Chiusi i seggi alle 15 di lunedì 27 maggio, dalle 2600 sezioni elettorali della Capitale arriva la conferma che a vincere è stato l’astensionismo, in particolare nel XV Municipio con il peggior risultato di tutta Roma. Nella Capitale, su 2.359.119 iscritti hanno votato in 1.242.591 pari al 52,79%, la stessa percentuale, punto più punto meno, registrata in quattordici municipi tranne che nel XV dove i votanti, su 127.525 iscritti, sono stati 62.030 pari al 48,64%.

Si conferma dunque il crollo paventato fin da ieri sera. Nella sostanza solo un cittadino su due si è recato alle urne facendo registrare una fortissima flessione rispetto alle amministrative del 2008 quando a Roma votò il 73% e nel XX Municipio il  72% degli aventi diritto.

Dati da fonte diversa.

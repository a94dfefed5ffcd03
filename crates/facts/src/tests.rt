// Examples of fields and packets, read and written.
use fields::{
    AmountKind, Decimal, DecimalKind, Fault, Integer, Maker, OrderId, Pair, Price, PriceKind,
    Quantity, QuantityKind, TimeOfDay,
};
use packet::FormFault;
use std::test::Fail;

fn count<K: DecimalKind>(text: &[u8]) -> Option<u64> {
    Decimal::<K>::read(text).ok().map(|decimal| decimal.count())
}

fn integer(text: &[u8]) -> Option<u64> {
    Integer::<4>::read(text).ok().map(|integer| integer.value())
}

fn fault(body: &[u8]) -> Option<FormFault> {
    packet::read(body).err()
}

#[test]
fn numbers(rt: HostRuntime) {
    assert_eq!(rt; count::<PriceKind>(b"1.50200   "), Some(150_200));
    assert_eq!(rt; count::<PriceKind>(b"9999.99999"), Some(999_999_999));
    assert_eq!(rt; count::<PriceKind>(b"0122.0730 "), Some(12_207_300));
    assert_eq!(rt; count::<PriceKind>(b"10000     "), None);
    assert_eq!(rt; count::<PriceKind>(b"1.5 2     "), None);
    assert_eq!(rt; count::<PriceKind>(b" 1.5      "), None);
    assert_eq!(rt; count::<PriceKind>(b"1.502    "), None);
    assert_eq!(rt;
        count::<AmountKind>(b"10000000000000.0"),
        Some(1_000_000_000_000_000)
    );
    assert_eq!(rt; count::<AmountKind>(b"0.005           "), None);
    assert_eq!(rt; count::<QuantityKind>(b"                "), Some(0));
    assert_eq!(rt;
        count::<QuantityKind>(b"500000          "),
        Some(50_000_000)
    );
    assert_eq!(rt; count::<QuantityKind>(b"0.000           "), None);
}

#[test]
fn integers_and_texts(rt: HostRuntime) {
    assert_eq!(rt; integer(b"  52"), Some(52));
    assert_eq!(rt; integer(b"0012"), Some(12));
    assert_eq!(rt; integer(b"    "), None);
    assert_eq!(rt; integer(b"12  "), None);
    assert!(rt; TimeOfDay::read(b"235959999").is_ok());
    assert!(rt; TimeOfDay::read(b"240000000").is_err());
    assert!(rt; TimeOfDay::read(b"235960000").is_err());
    assert!(rt; Pair::read(b"XAU/USD").is_ok());
    assert!(rt; Pair::read(b"EUR-USD").is_err());
    assert!(rt; OrderId::read(b"A 1            ").is_ok());
    assert!(rt; OrderId::read(b" A1            ").is_err());
    assert!(rt; Maker::read(b"BANK1           ").is_ok());
    assert!(rt; Maker::read(b"BANK1          ").is_err());
}

#[test]
fn written(rt: HostRuntime) -> Result<(), Fail> {
    let mut out = [b'#'; 20];
    let price = Price::read(b"1.50200   ")?;
    price.write(&mut out, 4)?;
    assert!(rt; out == *b"####1.502     ######");
    assert_eq!(rt; price.write(&mut out, 11), Err(Fault::NoRoom));
    assert!(rt; out == *b"####1.502     ######");
    Quantity::read(b"0.0             ")?.write(&mut out, 2)?;
    assert!(rt; out == *b"##                ##");
    Integer::<6>::read(b"000042")?.write(&mut out, 14)?;
    assert!(rt; out == *b"##                42");
    Ok(())
}

#[test]
fn lengths(rt: HostRuntime) {
    let body = [b'E'; 49_152];
    assert_eq!(rt; fault(&body[0..49_151]), Some(FormFault::WrongLength));
    assert_eq!(rt; fault(&body), Some(FormFault::TooLong));
    assert_eq!(rt; fault(&body[0..101]), None);
    assert_eq!(rt; fault(b"S142409777"), Some(FormFault::WrongLength));
    assert_eq!(rt; fault(b"S142409777T"), None);
    assert_eq!(rt; fault(b"R  x1EUR"), Some(FormFault::BadField(1)));
}
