// Facts about the definitions, each list the contract of a function that has nothing to do.
#![tactic(auto)]

ghost use Rattle.facts.specs.Facts.{Facts};
ghost use Rattle.facts.specs.Tidy.{TidyLaws};

// The examples hold.
pub fn facts_hold()
    ensures { Facts }
{}

// Decimals are written without needless zeros, and nothing else is so written.
pub fn tidy_holds()
    ensures { TidyLaws }
{}

#[cfg(test)]
mod tests;
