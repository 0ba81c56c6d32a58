//! A reader of tokens, and tests of the tokens that come.
#![tactic(auto)]

pub mod ahead;
mod list;
mod reader;
mod stop;

pub use list::short_list;
pub use reader::{Joint, Reader};
pub use stop::Stop;
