//! Tests of the tokens that come.

ghost use Rattle.std.specs.Prelude.{◌≡◌, ℕ, List, is_some};
ghost use Rattle.mpl_ast.specs.declared.token.Token.{Token};
ghost use Rattle.mpl_mean.specs.Text.Reading as reading;
ghost use Rattle.mpl_trees.specs.Rows.{joint_of, take_joint};
ghost use Rattle.mpl_trees.specs.Taking as spec;
ghost use Rattle.mpl_trees.specs.Ahead as spec_ahead;
ghost use Rattle.mpl_trees.specs.Expressions.{past_field, second};

use mpl_ast::token::{Keyword, Mark, Token, TokenKind};

fn has_mark(token: &Token, mark: Mark) -> bool
    ensures { result ≡ reading.is_mark mark token.now.kind }
{
    match token.kind {
        TokenKind::Mark(found) => found == mark,
        _ => false,
    }
}

fn has_keyword(token: &Token, keyword: Keyword) -> bool
    ensures { result ≡ reading.is_keyword keyword token.now.kind }
{
    match token.kind {
        TokenKind::Keyword(found) => found == keyword,
        _ => false,
    }
}

fn has_name(token: &Token) -> bool
    ensures { result ≡ spec.is_any_name token.now.kind }
{
    matches!(token.kind, TokenKind::Name(_))
}

fn has_operator(token: &Token) -> bool
    ensures { (tokens : List Token) (next : ℕ) → result ≡ is_some (joint_of token.now.kind token.now tokens next) }
{
    match token.kind {
        TokenKind::Mark(mark) => level_of(mark).is_some(),
        _ => false,
    }
}

pub fn sees_mark(tokens: &[Token], mark: Mark) -> bool
    ensures { result ≡ spec.is_ahead (reading.is_mark mark) tokens.now }
{
    match tokens {
        [token, ..] => has_mark(token, mark),
        [] => false,
    }
}

pub fn sees_keyword(tokens: &[Token], keyword: Keyword) -> bool
    ensures { result ≡ spec.is_ahead (reading.is_keyword keyword) tokens.now }
{
    match tokens {
        [token, ..] => has_keyword(token, keyword),
        [] => false,
    }
}

pub fn sees_name(tokens: &[Token]) -> bool
    ensures { result ≡ spec.is_ahead spec.is_any_name tokens.now }
{
    match tokens {
        [token, ..] => has_name(token),
        [] => false,
    }
}

/// The tokens behind the first.
pub fn second(tokens: &[Token]) -> &[Token]
    ensures { result.now ≡ second tokens.now }
{
    match tokens {
        [_, rest @ ..] => rest,
        [] => tokens,
    }
}

/// The level of an operator between operands. The levels are counted from the one that binds most.
pub fn level_of(mark: Mark) -> Option<u32>
    ensures { result ≡ spec_ahead.level_of mark }
{
    match mark {
        Mark::Star | Mark::Slash | Mark::Percent => Some(0),
        Mark::Plus | Mark::Minus => Some(1),
        Mark::Less | Mark::Greater | Mark::LessEqual | Mark::GreaterEqual => Some(2),
        Mark::EqualEqual | Mark::NotEqual => Some(3),
        Mark::AndAnd => Some(4),
        Mark::OrOr => Some(5),
        _ => None,
    }
}

/// An operator between operands comes.
pub fn sees_operator(tokens: &[Token]) -> bool
    ensures { (last next : ℕ) → result ≡ is_some (take_joint (record { tokens = tokens.now; last = last; next = next })) }
{
    match tokens {
        [token, ..] => has_operator(token),
        [] => false,
    }
}

/// The tokens behind the first three.
pub fn past_field(tokens: &[Token]) -> &[Token]
    ensures { result.now ≡ past_field tokens.now }
{
    second(second(second(tokens)))
}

Venti punti in meno per il Comune e ben ventiquattro in meno nell’area Cassia-Flaminia. Per quest’ultima si tratta di una vera debacle, ad ogni elezione sono sempre meno i suoi residenti a recarsi alle urne. Già alle regionali del 2010, con un’affluenza pari al 52%, il XX era stato l’ultimo municipio di Roma, ma un risultato sotto il 50%, a memoria, non s’era mai registrato.

Un’ampia riflessione, e forse anche un mea-culpa, attende le forze politiche locali di questo territorio, nessuna esclusa, che non potranno esimersi dal chiedersi cosa abbiano fatto, o meglio ancora cosa non abbiano fatto, per attrarre meno di un cittadino su due ai seggi. (red.)